Digibron cookies

Voor optimale prestaties van de website gebruiken wij cookies. Overeenstemmig met de EU GDPR kunt u kiezen welke cookies u wilt toestaan.

Noodzakelijke en wettelijk toegestane cookies

Noodzakelijke en wettelijk toegestane cookies zijn verplicht om de basisfunctionaliteit van Digibron te kunnen gebruiken.

Optionele cookies

Onderstaande cookies zijn optioneel, maar verbeteren uw ervaring van Digibron.

Bekijk het origineel

Breng het bij God

Bekijk het origineel

+ Meer informatie

Breng het bij God

6 minuten leestijd Arcering uitzetten

.. .maar laat uw begeerten in alles door bidden en smeken, met dankzegging bekend worden bij God. (Filippenzen 4 vs. 6)

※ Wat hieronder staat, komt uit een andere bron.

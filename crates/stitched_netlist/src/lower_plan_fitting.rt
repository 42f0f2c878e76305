// What crates above name of plan_fitting.
pub use plan_fitting::FitRow;
pub use plan_fitting::devices::{
    fitted_is_fitting, plans_suit_netlists, prefixes_are_free, tap_names_are_new,
};
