// What stands at each row of the boundary register of a plan that fits: the net of its bit and that net's direction,
// its driver, and its control cell. Laws only; specs/RowsLaws.antt has the statements.
// IEEE Std 1149.1-2001: boundary-scan register (provision of cells, control cells); the laws are own.
//
// - Each row is that of an input, of an output that is always driven (with or without a driver that HIGHZ adds),
//   of an output or an inout that a three-state gate drives, or a control cell; a driver's row names a control
//   cell, before which the core gives the driver's control operand (`rows_stand_somewhere`).
// - No two rows stand at one net, and each net of a port bit has one, unless the port is hidden: then it has none, is no
//   inout's, and no three-state gate drives it (`rows_stand_once`, `nets_have_rows`).
// By the contract of its law functions.

ghost use Rattle.stitched_netlist.specs.RowsLaws.{RowsStandSomewhere, RowsStandOnce, NetsHaveRows};

use netlist_model::laws::{bit_of_a_direction, direction_of_a_bit, driver_is_found};
use plan_fitting::devices::{bits_have_rows, hidden_bits_have_none, rows_stand_at_bits};

/// A law: each row is that of an input, an output or an inout with a certain driver, or a control cell.
pub fn rows_stand_somewhere()
    ensures { RowsStandSomewhere }
{
    direction_of_a_bit();
    driver_is_found();
}

/// A law: no two rows stand at one net.
pub fn rows_stand_once()
    ensures { RowsStandOnce }
{
    rows_stand_at_bits();
}

/// A law: each net of a port bit has a row, or is a hidden port's and straight.
pub fn nets_have_rows()
    ensures { NetsHaveRows }
{
    bit_of_a_direction();
    driver_is_found();
    rows_stand_at_bits();
    bits_have_rows();
    hidden_bits_have_none();
}
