// The law of the insertion: the stitched netlist behaves as the original wrapped in the plan's device, and as
// the original alone.
// specs/RunsLaws.antt has the statements, over the definitions of stitched_netlist and wrapped_chip.
// IEEE Std 1149.1-2001: test logic architecture, instructions; the laws are own.
//
// - Where the stitched netlist is well formed and has the chip's pins and control ports, it realises the wrapped
//   chip of the plan's device, and behaves as the netlist alone while a transparent instruction is in effect
//   (`stitched_realises`, `stitched_is_alone`).
// - So it does for each plan that fits a netlist without gaps whose named nets are there, with no other premise
//   (`fitting_plans_realise`, `fitting_plans_are_alone`), and the control ports are the netlist's, TCK and TRST
//   (`fitting_plans_have_controls`).
// - From whatever its test logic holds, each added flip-flop 0 or 1, five rising edges of TCK with TMS at 1 and a
//   falling edge lead it to that chip in Test-Logic-Reset (`fitting_plans_find_home`).
// By the contract of its law functions.

ghost use Rattle.stitched_netlist.specs.RunsLaws.{StitchedRealises, StitchedIsAlone, FittingPlansRealise, FittingPlansAreAlone};
ghost use Rattle.stitched_netlist.specs.RunsLaws.{FittingPlansHaveControls, FittingPlansFindHome};

use crate::formed::{stitched_is_formed, stitched_logic_is_added};
use crate::inside::stitched_surrounds;
use crate::ranks::{stitched_has_controls, stitched_has_pins};
use plan_fitting::devices::plans_suit_netlists;
use surrounded_core::{surrounded_core_finds_home, surrounded_core_realises};
use wrapped_chip::realising_is_being_alone;

/// Every pin of the stitched netlist reads as the chip that the plan's device makes of the netlist.
pub fn stitched_realises()
    ensures { StitchedRealises }
{
    stitched_surrounds();
    surrounded_core_realises();
}

/// And as the netlist alone while the instruction in effect is transparent.
pub fn stitched_is_alone()
    ensures { StitchedIsAlone }
{
    stitched_realises();
    plans_suit_netlists();
    realising_is_being_alone();
}

/// So it is for each plan that fits a netlist without gaps whose named nets are there, with no other premise.
pub fn fitting_plans_realise()
    ensures { FittingPlansRealise }
{
    stitched_realises();
    stitched_is_formed();
    stitched_has_pins();
    stitched_has_controls();
}

/// And while the instruction in effect is transparent the pins read as the netlist's alone.
pub fn fitting_plans_are_alone()
    ensures { FittingPlansAreAlone }
{
    stitched_is_alone();
    stitched_is_formed();
    stitched_has_pins();
    stitched_has_controls();
}

/// The input bits that clock, clear and preset are the netlist's, TCK and TRST.
pub fn fitting_plans_have_controls()
    ensures { FittingPlansHaveControls }
{
    stitched_has_controls();
}

/// From whatever the test logic holds, five rising edges of TCK with TMS at 1 and a falling edge lead home.
pub fn fitting_plans_find_home()
    ensures { FittingPlansFindHome }
{
    stitched_surrounds();
    stitched_is_formed();
    stitched_has_pins();
    stitched_logic_is_added();
    surrounded_core_finds_home();
}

De vorige week hebben we gezien, dat er voor alle dingen, die ons benauwen een uitweg is. We mogen die bekendmaken aan God. Hij zal Zijn woord bevestigen: Ik zal het maken.

Die weg heeft God zelf voor de Zijnen gebaand. Waar zouden wij mensen toch heen moeten als wij niet van God gehoord hadden of als wij niets van Hem weten wilden ? Wij zouden in al onze nood onherroepelijk omkomen. Maar nu. Nu klinkt de stem des Heeren ons tegen: laat uw begeerten in alles bij Mij bekend worden. In alles, begrijpt u lezer, de Heere zondert niets bij voorbaat af. Ér is geen terrein van ons leven, waarover Hij geen God wil zijn. Hij doet juist een greep op de complete mens. Alle dingen, die van ziel en lichaam gaan Hem ter harte. Dat kan ook niet anders, want hoe vaak liggen die moeiten niet gestrengeld. U behoeft maar te denken aan de vervolging en versmading van de Filippenzen. Dat was een stuk lichamelijke nood. Maar natuurlijk stellen ook zij de vraag naar het waarom. Waarom laat de Heere dat toe. En dan zijn we al bij de geestelijke nood terechtgekomen. Mogen mensen in dergelijke omstandigheden niet vragen: och Heere waren we maar in veiligheid. En zou het zonde zijn om te zuchten, och wierd ik derwaarts weergeleid, naar Uw vroegere weldaden, dan zou mijn mond U de ere geven. En zou het niet geoorloofd zijn te verlangen naar rust en naar de dingen, die ons leven aangenaam maken ? Als al die gedachten bij ons blijven en telkens weer terugkomen dan worden ze tot begeerten. Begeerten voor lichaam en ziel. Begeerten, die allerlei facetten van ons menszijn bestrijken. Begeerten in alles.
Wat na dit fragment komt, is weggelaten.